I think a lot of those problems are solvable in principle, although unfortunately it’s probably not practical and incremental enough to actually happen...

I’m envisaging a system of minibuses, either AI-driven or at least dynamically directed by a central control system. People would use a phone app to book journeys; the app would tell them where to get on and where to transfer, and the central control system would optimise the fleet to get everyone where they need to go.

With much smaller buses, and electronic tap-in rather than cash payments, stops should be fast enough that buses can just queue up in order at each stop, hopefully mitigating the parking difficulties you mentioned (modulo breakdowns, medical emergencies, etc). Likewise, if transfers are fast and easy, hopefully they’d be less objectionable to travellers.

Requiring a phone isn’t ideal as it limits accessibility and privacy. There could also be pre-printed tickets, with QR codes that you scan at the bus stop to see the route info.

Why minibuses and not just taxis?
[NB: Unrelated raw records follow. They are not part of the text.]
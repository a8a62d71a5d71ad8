//! Reading an UPDATE.

ghost use Rattle.std.specs.Prelude.{◌≡◌, ◌↔◌, None, IfOk, IfSome, IfNone, IsOk};
ghost use Rattle.bgp_update.specs.Allowed.{Allows, AreApart};
ghost use Rattle.bgp_update.specs.Groups.{AreGroups, groups_of};
ghost use Rattle.bgp_open.specs.Families.{no_families};
ghost use Rattle.bgp_update.specs.Outcome.{Outcome, IsOutcome, IsOnlyReset};

use crate::changes::changes_of;
use crate::fields::split_update;
use crate::outcomes::Outcomes;
use crate::subcodes::Subcodes;
use crate::survey::survey_of;
use bgp_attr::FirstAttrs;
use bgp_open::{Families, Link};
use std::alloc::{AllocError, Allocator};

/// Reads an UPDATE that was received over this link, and returns the outcomes that are allowed.
/// Octets that are no whole UPDATE have the one of bad lengths: a reset as Malformed Attribute
/// List.
///
/// MP_REACH_NLRI of IPv4 has a next hop of 4 octets, or of 16 or 32, too, if the link's received
/// form has IPv6 next hops (RFC 8950, 3). Prefixes of the families that this form identifies stand
/// behind path identifiers, and no others do (RFC 7911, 3).
///
/// The attributes are walked over and none is copied. If the session has to be reset, no memory is
/// taken.
pub fn read_update<A: Allocator + Copy>(
    alloc: A,
    link: &Link,
    octets: &[u8],
) -> Result<Outcomes<A>, AllocError>
    ensures exact { IfOk result (λ outcomes. (x : Outcome)
        → Allows outcomes x ↔ IsOutcome link.now octets.now x) }

    // The value has nothing twice: no family is named twice, none where nothing is applied. The
    // routes of the NLRI field are a group and those of MP_REACH_NLRI another; no group is empty.
    ensures apart { IfOk result (λ outcomes. AreApart outcomes.certain outcomes.optional) }
    ensures certain { IfOk result (λ outcomes. IfNone outcomes.changes
        (outcomes.certain ≡ no_families)) }
    ensures optional { IfOk result (λ outcomes. IfNone outcomes.changes
        (outcomes.optional ≡ no_families)) }
    ensures groups { IfOk result (λ outcomes. IfSome outcomes.changes
        (λ changes. AreGroups link.now octets.now (groups_of changes))) }

    // It never runs out of memory if the only outcome is a reset.
    ensures memory { IsOnlyReset link.now octets.now → IsOk result }
{
    let Some(fields) = split_update(octets) else {
        return Ok(only_reset(Subcodes::MALFORMED_ATTRIBUTE_LIST)); // Rule "bad lengths".
    };
    let mut first = FirstAttrs::none();
    let found = survey_of(link, link.received, &fields, &mut first);
    let resets = found.reset_subcodes();
    let mere = found.mere_subcodes();
    if !resets.is_empty() {
        return Ok(only_reset(resets.union(mere)));
    }
    let changes = changes_of(alloc, link, &found, &first)?;
    Ok(Outcomes {
        changes: Some(changes),
        certain: found.certain_families(),
        optional: found.optional_families(),
        reset: mere,
    })
}

/// Returns that the session has to be reset, with one of these subcodes.
fn only_reset<A: Allocator>(reset: Subcodes) -> Outcomes<A>
    ensures changes { result.changes ≡ None }
    ensures certain { result.certain ≡ no_families }
    ensures optional { result.optional ≡ no_families }
    ensures reset { result.reset ≡ reset }
{
    Outcomes {
        changes: None,
        certain: Families::NONE,
        optional: Families::NONE,
        reset,
    }
}
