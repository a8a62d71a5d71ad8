//! What of a link decides how path attributes are read.

ghost use Rattle.std.specs.Prelude.{◌≡◌};
ghost use Rattle.bgp_update.specs.Found.{side_of};

use bgp_attr::Side;
use bgp_open::Link;

/// Returns the side of a link: whether AS numbers have four octets, and whether the peer is
/// internal.
pub fn side(link: &Link) -> Side
    ensures { result ≡ side_of link.now }
{
    Side {
        as4: link.as4,
        internal: link.internal,
    }
}
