//! What an UPDATE changes if it is applied (RFC 4271, 3.1; RFC 7606, 2).

ghost use Rattle.std.specs.Prelude.{◌≡◌, ◌++◌, IfOk, OnOk, List};
ghost use Rattle.bgp_attr.specs.declared.types.AttrType.TheVariants as types;
ghost use Rattle.bgp_attr.specs.Field.{Attribute};
ghost use Rattle.bgp_attr.specs.First.{first_at, first_by_type, value_by_type};
ghost use Rattle.bgp_attr.specs.PathFrom.{next_hop_from, path_from};
ghost use Rattle.bgp_update.specs.Allowed.{changes_value, group_routes};
ghost use Rattle.bgp_update.specs.Changes.{
  AreChanges,
  announcements,
  base_destinations,
  hop_or,
  mp_hop,
  mp_destinations,
  destinations_among,
  routes_with,
  withdrawals,
};
ghost use Rattle.bgp_update.specs.Field.{field_destinations};
ghost use Rattle.bgp_update.specs.Found.{side_of};
ghost use Rattle.bgp_update.specs.Groups.{
  AreGroupsBy,
  group_if,
  group_with,
  groups_of,
};
ghost use Rattle.bgp_update.specs.Listed.{listed};
ghost use Rattle.bgp_update.specs.MpShown.{state_of};
ghost use Rattle.bgp_update.specs.Surveyed.{found_by};

use crate::destination::Destination;
use crate::destinations::DestinationField;
use crate::link_side::side;
use crate::mp::MpState;
use crate::outcomes::{Changes, Put};
use crate::survey::Survey;
use bgp_attr::{AttrType, FirstAttrs, NextHop, Side, read_path};
use bgp_open::{Family, Link};
use byteorder::{BigEndian, ByteOrder};
use std::alloc::{AllocError, Allocator};

/// Returns the changes of an UPDATE in which this was found.
pub(crate) fn changes_of<A: Allocator + Copy>(
    alloc: A,
    link: &Link,
    found: &Survey<'_>,
    first: &FirstAttrs<'_>,
) -> Result<Changes<A>, AllocError>
    ensures are { IfOk result (λ changes. (attributes : List Attribute)
        → first_at first.now ≡ first_by_type attributes
        → AreChanges (found_by found.now) (withdrawals link.now (found_by found.now))
        (announcements link.now (found_by found.now) attributes) (changes_value changes)) }
    ensures groups { IfOk result
        (λ changes. AreGroupsBy link.now (found_by found.now) (groups_of changes)) }
{
    let mut remove = Vec::new(alloc);
    push_withdrawn(&mut remove, link, found)?;
    if found.has_withdraw_fault() {
        // What would be announced is removed: "treat-as-withdraw" (RFC 7606, 2).
        push_announced(&mut remove, link, found)?;
        return Ok(Changes {
            remove,
            nlri: None,
            mp_reach_nlri: None,
        });
    }
    let nlri = base_group(alloc, link, found, first)?;
    let mp_reach_nlri = mp_group(alloc, link, found, first)?;
    Ok(Changes {
        remove,
        nlri,
        mp_reach_nlri,
    })
}

/// Appends the destinations that are withdrawn.
fn push_withdrawn<A: Allocator>(
    out: &mut Vec<Destination, A>,
    link: &Link,
    found: &Survey<'_>,
) -> Result<(), AllocError>
    ensures { OnOk result (out.new.items
        ≡ out.old.items ++ withdrawals link.now (found_by found.now)) }
{
    push_base_destinations(out, link, found.withdrawn)?;
    push_mp_destinations(out, &found.unreach.state)
}

/// Appends the destinations that are announced.
fn push_announced<A: Allocator>(
    out: &mut Vec<Destination, A>,
    link: &Link,
    found: &Survey<'_>,
) -> Result<(), AllocError>
    ensures { OnOk result ((attributes : List Attribute) → out.new.items ≡ out.old.items
        ++ destinations_among (announcements link.now (found_by found.now) attributes)) }
{
    push_base_destinations(out, link, found.nlri)?;
    push_mp_destinations(out, &found.reach.state)
}

/// Appends the destinations of a Withdrawn Routes or NLRI field if IPv4 is in use.
#[inline(always)]
fn push_base_destinations<A: Allocator>(
    out: &mut Vec<Destination, A>,
    link: &Link,
    field: DestinationField<'_>,
) -> Result<(), AllocError>
    ensures { OnOk result (out.new.items
        ≡ out.old.items ++ base_destinations link.now (field_destinations field.entry)) }
{
    if !link.families.contains(Family::V4) {
        return Ok(());
    }
    field.push_to(out)
}

/// Appends the destinations of an MP attribute of a family in use if its contents are right.
#[inline(always)]
fn push_mp_destinations<A: Allocator>(
    out: &mut Vec<Destination, A>,
    state: &MpState<'_>,
) -> Result<(), AllocError>
    ensures { OnOk result (out.new.items ≡ out.old.items ++ mp_destinations (state_of state.now)) }
{
    match state {
        MpState::Sound(_, contents) => contents.destinations.push_to(out),
        _ => Ok(()),
    }
}

/// Returns the routes of the NLRI field, with the next hop of NEXT_HOP.
fn base_group<A: Allocator + Copy>(
    alloc: A,
    link: &Link,
    found: &Survey<'_>,
    first: &FirstAttrs<'_>,
) -> Result<Option<Put<A>>, AllocError>
    ensures routes { IfOk result (λ group. group_routes group
        ≡ routes_with (path_from (side_of link.now)
        (value_by_type (side_of link.now) (first_at first.now))
        (next_hop_from (value_by_type (side_of link.now) (first_at first.now) types.NextHop)))
        (base_destinations link.now (field_destinations found.now.nlri))) }
    ensures groups { IfOk result (λ group. group_if group
        ≡ group_with (base_destinations link.now (field_destinations found.now.nlri))) }
{
    if !link.families.contains(Family::V4) {
        return Ok(None);
    }
    let side = side(link);
    let next_hop = base_hop(side, first);
    read_group(alloc, side, first, next_hop, found.nlri)
}

/// Returns the routes of MP_REACH_NLRI, with its own next hop.
fn mp_group<A: Allocator + Copy>(
    alloc: A,
    link: &Link,
    found: &Survey<'_>,
    first: &FirstAttrs<'_>,
) -> Result<Option<Put<A>>, AllocError>
    ensures routes { IfOk result (λ group. group_routes group
        ≡ routes_with (path_from (side_of link.now)
        (value_by_type (side_of link.now) (first_at first.now))
        (mp_hop (state_of found.now.reach.state)))
        (mp_destinations (state_of found.now.reach.state))) }
    ensures groups { IfOk result (λ group. group_if group
        ≡ group_with (mp_destinations (state_of found.now.reach.state))) }
{
    let MpState::Sound(_, contents) = found.reach.state else {
        return Ok(None);
    };
    let side = side(link);
    let next_hop = hop_or_none(contents.next_hop);
    read_group(alloc, side, first, next_hop, contents.destinations)
}

/// Returns the next hop that NEXT_HOP names.
fn base_hop(side: Side, first: &FirstAttrs<'_>) -> NextHop
    ensures { result ≡ next_hop_from (value_by_type side (first_at first.now) types.NextHop) }
{
    match first.good(side, AttrType::NextHop) {
        Some(attr) => NextHop::V4(BigEndian::read_u32(attr.value)),
        None => hop_or_none(None),
    }
}

/// Returns the next hop if there is one. If there is none, no route has what is returned.
fn hop_or_none(next_hop: Option<NextHop>) -> NextHop
    ensures { result ≡ hop_or next_hop }
{
    next_hop.unwrap_or(NextHop::V4(0))
}

/// Returns the routes of a field, or none if it has no destination: then no path is read.
fn read_group<A: Allocator + Copy>(
    alloc: A,
    side: Side,
    first: &FirstAttrs<'_>,
    next_hop: NextHop,
    field: DestinationField<'_>,
) -> Result<Option<Put<A>>, AllocError>
    ensures routes { IfOk result (λ group. group_routes group
        ≡ routes_with (path_from side (value_by_type side (first_at first.now)) next_hop)
        (listed (field_destinations field.entry))) }
    ensures groups { IfOk result
        (λ group. group_if group ≡ group_with (listed (field_destinations field.entry))) }
{
    let mut destinations = Vec::with_capacity(alloc, field.likely_count())?;
    field.push_to(&mut destinations)?;
    if destinations.is_empty() {
        return Ok(None);
    }
    let path = read_path(alloc, side, first, next_hop)?;
    Ok(Some(Put { path, destinations }))
}
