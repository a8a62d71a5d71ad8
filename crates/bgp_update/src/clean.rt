//! Clean UPDATEs, which a speaker may send.

ghost use Rattle.std.specs.Prelude.{◌≡◌, ◌≢◌, ◌↔◌, ◌⊎◌, [], ℕ, Some, IsTrue};
ghost use Rattle.bgp_open.specs.Families.{contains};
ghost use Rattle.bgp_open.specs.Family.{Family};
ghost use Rattle.bgp_open.specs.Family.TheVariants.{V4};
ghost use Rattle.bgp_update.specs.Clean.{
  IsClean,
  IsCleanBy,
  IsAppliedAlone,
  WastesNoAttribute,
  IsOfFamiliesInUse,
  most_octets,
};
ghost use Rattle.bgp_update.specs.Disabled.{IsCertain, IsOptional};
ghost use Rattle.bgp_update.specs.Mp.{Unused};
ghost use Rattle.bgp_update.specs.MpShown.{state_of};
ghost use Rattle.bgp_update.specs.ResetFaults.{IsResetSubcode, IsMereSubcode};
ghost use Rattle.bgp_update.specs.Surveyed.{found_by};

use crate::fields::split_update;
use crate::mp::MpState;
use crate::survey::{Survey, survey_of};
use bgp_attr::{FirstAttrs, Limit, MessageType};
use bgp_open::{Family, Link};

/// Returns how many octets an UPDATE may have at most that is sent over the link: 65535 if the peer
/// offers extended messages (RFC 8654, 4), else 4096 (RFC 4271, 4.1).
pub fn most_octets(link: &Link) -> u16
    ensures { result ≡ most_octets link.now }
{
    Limit::with_extended(link.extended).greatest_length(MessageType::Update.code())
}

/// Checks whether the octets are a whole UPDATE that is clean, so that it may be sent: it is no
/// longer than the link allows, and leaves the peer nothing to forgive. It takes no memory.
///
/// IPv4 routes may have IPv6 next hops in MP_REACH_NLRI if the link's sent form has them (RFC 8950,
/// 4); NEXT_HOP has 4 octets either way. Prefixes of the families that this form identifies stand
/// behind path identifiers, and no others do (RFC 7911, 3).
pub fn is_clean(link: &Link, octets: &[u8]) -> bool
    ensures clean { IsTrue result ↔ IsClean link.now octets.now }
{
    if octets.len() > usize::from(most_octets(link)) {
        return false;
    }
    let Some(fields) = split_update(octets) else {
        return false;
    };
    survey_of(link, link.sent, &fields, &mut FirstAttrs::none()).is_clean(link)
}

impl Survey<'_> {
    /// Checks whether an UPDATE in which this was found is clean.
    fn is_clean(&self, link: &Link) -> bool
        ensures { IsTrue result ↔ IsCleanBy link.now (found_by self.now) }
    {
        if !self.is_applied_alone() {
            return false;
        }
        if !self.wastes_no_attribute() {
            return false;
        }
        self.is_of_families_in_use(link)
    }

    /// Checks whether the only outcome is Apply, with nothing disabled or withdrawn for a fault.
    fn is_applied_alone(&self) -> bool
        ensures { IsTrue result ↔ IsAppliedAlone (found_by self.now) }
    {
        if !self.allows_no_reset() {
            return false;
        }
        if !self.disables_nothing() {
            return false;
        }
        !self.has_withdraw_fault()
    }

    /// Checks that neither rule holds, "discarded attribute" or "repeated attribute".
    fn wastes_no_attribute(&self) -> bool
        ensures { IsTrue result ↔ WastesNoAttribute (found_by self.now) }
    {
        !self.pass.classes.discard && !self.pass.types.has_repeats
    }

    /// Checks that the rule "family not in use" doesn't hold.
    fn is_of_families_in_use(&self, link: &Link) -> bool
        ensures { IsTrue result ↔ IsOfFamiliesInUse link.now (found_by self.now) }
    {
        if !self.has_base_in_use(link) {
            return false;
        }
        if self.reach.state.is_of_unused_family() {
            return false;
        }
        !self.unreach.state.is_of_unused_family()
    }

    /// Checks that no fault allows a reset.
    fn allows_no_reset(&self) -> bool
        ensures { IsTrue result ↔ ((n : ℕ)
            → ¬ (IsResetSubcode (found_by self.now) n ⊎ IsMereSubcode (found_by self.now) n)) }
    {
        self.reset_subcodes().union(self.mere_subcodes()).is_empty()
    }

    /// Checks that no family may be disabled.
    fn disables_nothing(&self) -> bool
        ensures { IsTrue result ↔ ((family : Family)
            → ¬ (IsCertain (found_by self.now) family ⊎ IsOptional (found_by self.now) family)) }
    {
        !self.may_disable(Family::V4) & !self.may_disable(Family::V6)
    }

    /// Checks whether an Apply disables the family, or may.
    fn may_disable(&self, family: Family) -> bool
        ensures { IsTrue result
            ↔ (IsCertain (found_by self.now) family ⊎ IsOptional (found_by self.now) family) }
    {
        self.is_certain(family) || self.is_optional(family)
    }

    /// Checks whether each prefix of the base fields is of a family in use.
    fn has_base_in_use(&self, link: &Link) -> bool
        ensures { IsTrue result ↔ (IsTrue (contains link.now.families V4)
            ⊎ (((found_by self.now).withdrawn ≡ Some []) × ((found_by self.now).nlri ≡ Some []))) }
    {
        link.families.contains(Family::V4) || (self.has_empty_withdrawn() && self.has_empty_nlri())
    }
}

impl MpState<'_> {
    /// Checks the rule "family not in use": the family is IPv4 or IPv6 unicast, and not in use.
    fn is_of_unused_family(&self) -> bool
        ensures { (¬ IsTrue result) ↔ ((family : Family) → state_of self.now ≢ Unused family) }
    {
        matches!(self, MpState::Unused(_))
    }
}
I suspect there’s a good balance to be made between efficient road usage (buses) and efficient routing for each traveller (cars).

I’m also envisaging that if this system were to take off, personal cars could be gradually removed from city centres! Again, that makes life easier for the AI vehicles.

This is all pie-in-the-sky stuff, I know; but I do feel like there are ways we could radically improve city transport mostly using existing roads, rather than building new rails or tunnels.